## Directions for this task:
Show every line in the records below that contains the word "stays".

[Saved entries]
========================================

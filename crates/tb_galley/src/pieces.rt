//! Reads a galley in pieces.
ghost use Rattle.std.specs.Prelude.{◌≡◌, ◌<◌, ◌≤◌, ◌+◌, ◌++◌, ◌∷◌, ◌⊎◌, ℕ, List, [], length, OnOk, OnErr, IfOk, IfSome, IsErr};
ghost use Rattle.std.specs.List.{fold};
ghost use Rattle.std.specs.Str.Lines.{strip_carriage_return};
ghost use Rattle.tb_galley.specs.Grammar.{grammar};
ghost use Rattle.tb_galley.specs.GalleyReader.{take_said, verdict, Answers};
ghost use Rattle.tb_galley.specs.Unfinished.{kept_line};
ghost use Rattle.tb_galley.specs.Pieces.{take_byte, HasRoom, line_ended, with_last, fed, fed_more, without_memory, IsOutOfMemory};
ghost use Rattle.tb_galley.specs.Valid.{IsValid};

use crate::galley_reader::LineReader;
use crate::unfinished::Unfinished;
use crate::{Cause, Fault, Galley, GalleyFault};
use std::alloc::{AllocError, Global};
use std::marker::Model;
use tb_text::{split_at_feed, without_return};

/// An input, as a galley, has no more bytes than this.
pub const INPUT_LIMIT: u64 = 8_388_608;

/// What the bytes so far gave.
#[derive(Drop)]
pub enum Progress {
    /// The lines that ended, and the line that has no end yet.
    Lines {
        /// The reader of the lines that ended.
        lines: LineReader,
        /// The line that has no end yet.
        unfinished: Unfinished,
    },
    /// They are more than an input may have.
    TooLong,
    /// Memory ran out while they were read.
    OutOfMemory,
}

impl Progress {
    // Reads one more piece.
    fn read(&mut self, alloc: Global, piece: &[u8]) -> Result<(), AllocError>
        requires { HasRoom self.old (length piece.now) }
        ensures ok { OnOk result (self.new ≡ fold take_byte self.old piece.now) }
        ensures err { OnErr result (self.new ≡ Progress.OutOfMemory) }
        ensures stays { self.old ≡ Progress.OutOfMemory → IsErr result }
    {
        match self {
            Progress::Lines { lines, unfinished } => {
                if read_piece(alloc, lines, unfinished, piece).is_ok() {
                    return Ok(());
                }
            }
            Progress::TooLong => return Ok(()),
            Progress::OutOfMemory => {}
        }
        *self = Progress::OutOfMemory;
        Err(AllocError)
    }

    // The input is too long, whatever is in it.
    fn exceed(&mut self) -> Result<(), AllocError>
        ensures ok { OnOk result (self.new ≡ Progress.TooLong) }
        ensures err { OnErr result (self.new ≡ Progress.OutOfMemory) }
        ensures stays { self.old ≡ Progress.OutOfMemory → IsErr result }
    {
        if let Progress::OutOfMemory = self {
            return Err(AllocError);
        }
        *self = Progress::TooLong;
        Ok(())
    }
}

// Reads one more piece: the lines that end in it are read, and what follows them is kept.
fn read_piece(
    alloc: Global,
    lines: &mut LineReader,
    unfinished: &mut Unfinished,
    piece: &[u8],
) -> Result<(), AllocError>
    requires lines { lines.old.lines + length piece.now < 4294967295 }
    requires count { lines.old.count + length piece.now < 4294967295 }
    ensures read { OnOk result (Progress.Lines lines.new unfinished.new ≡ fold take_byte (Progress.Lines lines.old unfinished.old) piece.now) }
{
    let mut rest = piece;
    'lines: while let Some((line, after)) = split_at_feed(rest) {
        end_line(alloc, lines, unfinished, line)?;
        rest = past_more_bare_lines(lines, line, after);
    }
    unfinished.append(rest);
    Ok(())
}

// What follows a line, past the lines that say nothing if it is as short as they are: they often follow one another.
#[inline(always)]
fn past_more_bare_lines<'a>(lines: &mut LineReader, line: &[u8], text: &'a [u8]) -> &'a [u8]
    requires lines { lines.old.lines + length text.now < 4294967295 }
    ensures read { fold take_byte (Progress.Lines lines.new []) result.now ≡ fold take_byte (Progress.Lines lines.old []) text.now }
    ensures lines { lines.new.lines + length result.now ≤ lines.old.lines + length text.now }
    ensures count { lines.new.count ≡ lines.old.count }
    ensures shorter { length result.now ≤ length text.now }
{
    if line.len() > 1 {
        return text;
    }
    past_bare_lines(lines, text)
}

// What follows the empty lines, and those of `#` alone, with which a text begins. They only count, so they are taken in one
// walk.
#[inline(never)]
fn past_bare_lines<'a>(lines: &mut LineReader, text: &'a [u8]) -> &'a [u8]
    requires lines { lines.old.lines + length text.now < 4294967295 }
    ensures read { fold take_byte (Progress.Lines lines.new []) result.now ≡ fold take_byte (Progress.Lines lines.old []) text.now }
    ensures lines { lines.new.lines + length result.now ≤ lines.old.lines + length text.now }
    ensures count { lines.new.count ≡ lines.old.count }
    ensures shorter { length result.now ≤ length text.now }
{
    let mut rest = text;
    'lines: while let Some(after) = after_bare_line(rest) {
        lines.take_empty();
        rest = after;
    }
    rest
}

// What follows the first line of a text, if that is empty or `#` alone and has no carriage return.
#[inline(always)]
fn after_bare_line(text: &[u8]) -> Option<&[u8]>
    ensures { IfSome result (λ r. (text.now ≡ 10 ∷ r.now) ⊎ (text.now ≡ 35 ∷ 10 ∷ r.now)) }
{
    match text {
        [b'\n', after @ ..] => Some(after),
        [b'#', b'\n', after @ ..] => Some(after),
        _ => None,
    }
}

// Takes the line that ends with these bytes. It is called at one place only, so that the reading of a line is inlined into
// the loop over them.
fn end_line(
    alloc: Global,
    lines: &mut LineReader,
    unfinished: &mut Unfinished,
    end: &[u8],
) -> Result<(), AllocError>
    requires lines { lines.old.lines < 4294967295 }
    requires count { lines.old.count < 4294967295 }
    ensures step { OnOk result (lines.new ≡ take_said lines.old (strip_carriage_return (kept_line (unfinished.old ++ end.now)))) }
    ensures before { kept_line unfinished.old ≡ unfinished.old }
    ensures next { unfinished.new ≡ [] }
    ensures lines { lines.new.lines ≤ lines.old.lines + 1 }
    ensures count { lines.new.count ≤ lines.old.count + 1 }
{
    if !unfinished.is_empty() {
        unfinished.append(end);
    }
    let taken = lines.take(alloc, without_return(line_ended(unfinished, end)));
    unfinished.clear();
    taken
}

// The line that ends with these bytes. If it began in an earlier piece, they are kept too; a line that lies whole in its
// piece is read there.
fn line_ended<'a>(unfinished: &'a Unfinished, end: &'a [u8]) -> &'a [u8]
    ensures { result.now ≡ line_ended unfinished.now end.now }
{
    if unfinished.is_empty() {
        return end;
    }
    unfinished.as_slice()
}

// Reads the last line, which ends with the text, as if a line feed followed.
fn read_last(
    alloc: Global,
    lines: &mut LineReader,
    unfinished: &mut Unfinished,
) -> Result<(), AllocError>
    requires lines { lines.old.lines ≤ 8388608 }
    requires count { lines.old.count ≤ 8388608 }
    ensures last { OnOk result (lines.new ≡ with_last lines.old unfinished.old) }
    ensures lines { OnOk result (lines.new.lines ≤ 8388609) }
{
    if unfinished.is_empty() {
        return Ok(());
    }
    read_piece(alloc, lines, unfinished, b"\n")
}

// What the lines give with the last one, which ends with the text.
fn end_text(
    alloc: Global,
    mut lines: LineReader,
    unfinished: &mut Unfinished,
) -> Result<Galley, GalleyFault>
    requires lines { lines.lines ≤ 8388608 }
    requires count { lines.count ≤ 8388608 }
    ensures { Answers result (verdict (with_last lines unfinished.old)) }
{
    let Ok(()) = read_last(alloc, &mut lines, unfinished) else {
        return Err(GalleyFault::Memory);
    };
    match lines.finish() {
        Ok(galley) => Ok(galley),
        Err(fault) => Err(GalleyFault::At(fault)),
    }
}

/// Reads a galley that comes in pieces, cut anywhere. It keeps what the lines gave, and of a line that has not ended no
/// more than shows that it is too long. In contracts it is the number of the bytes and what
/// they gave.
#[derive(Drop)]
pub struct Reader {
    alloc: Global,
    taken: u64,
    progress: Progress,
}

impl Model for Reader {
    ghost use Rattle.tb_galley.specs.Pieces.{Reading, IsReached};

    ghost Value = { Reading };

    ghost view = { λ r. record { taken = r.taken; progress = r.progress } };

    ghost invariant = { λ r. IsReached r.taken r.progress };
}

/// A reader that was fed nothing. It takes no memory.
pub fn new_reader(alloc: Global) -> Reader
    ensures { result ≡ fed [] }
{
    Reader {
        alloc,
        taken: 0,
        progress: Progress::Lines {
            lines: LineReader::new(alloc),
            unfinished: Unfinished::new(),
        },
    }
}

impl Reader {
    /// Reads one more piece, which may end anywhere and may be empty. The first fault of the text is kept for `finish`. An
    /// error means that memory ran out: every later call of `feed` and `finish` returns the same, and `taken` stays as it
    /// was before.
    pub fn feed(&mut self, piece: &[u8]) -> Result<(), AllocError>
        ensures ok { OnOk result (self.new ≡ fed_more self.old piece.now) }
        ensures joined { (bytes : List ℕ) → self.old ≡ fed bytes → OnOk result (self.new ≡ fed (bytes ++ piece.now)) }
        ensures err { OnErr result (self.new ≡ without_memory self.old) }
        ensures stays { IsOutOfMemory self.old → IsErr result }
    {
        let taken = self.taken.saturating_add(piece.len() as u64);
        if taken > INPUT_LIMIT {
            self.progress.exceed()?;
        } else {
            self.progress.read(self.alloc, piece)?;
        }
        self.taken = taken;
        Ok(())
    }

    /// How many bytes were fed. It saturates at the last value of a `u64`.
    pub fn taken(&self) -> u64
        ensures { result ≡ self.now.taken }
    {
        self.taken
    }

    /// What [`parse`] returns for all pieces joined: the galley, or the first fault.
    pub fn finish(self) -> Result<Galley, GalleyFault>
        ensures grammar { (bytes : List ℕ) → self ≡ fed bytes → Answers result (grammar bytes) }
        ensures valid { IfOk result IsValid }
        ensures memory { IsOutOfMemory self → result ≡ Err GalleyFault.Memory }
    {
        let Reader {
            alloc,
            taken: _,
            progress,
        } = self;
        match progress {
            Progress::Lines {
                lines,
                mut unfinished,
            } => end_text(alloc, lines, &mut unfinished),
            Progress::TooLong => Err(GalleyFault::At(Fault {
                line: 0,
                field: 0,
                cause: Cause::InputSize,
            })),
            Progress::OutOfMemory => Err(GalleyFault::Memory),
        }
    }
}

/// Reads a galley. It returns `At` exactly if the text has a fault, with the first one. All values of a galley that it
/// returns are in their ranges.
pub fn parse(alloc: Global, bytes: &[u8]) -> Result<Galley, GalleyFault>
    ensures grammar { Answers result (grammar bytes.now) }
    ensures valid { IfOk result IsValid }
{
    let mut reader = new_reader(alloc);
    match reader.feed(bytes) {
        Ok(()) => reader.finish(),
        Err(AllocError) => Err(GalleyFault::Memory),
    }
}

========================================

## Reply to the exercise:
        ensures stays { self.old ≡ Progress.OutOfMemory → IsErr result }
        ensures stays { self.old ≡ Progress.OutOfMemory → IsErr result }
    /// error means that memory ran out: every later call of `feed` and `finish` returns the same, and `taken` stays as it
        ensures stays { IsOutOfMemory self.old → IsErr result }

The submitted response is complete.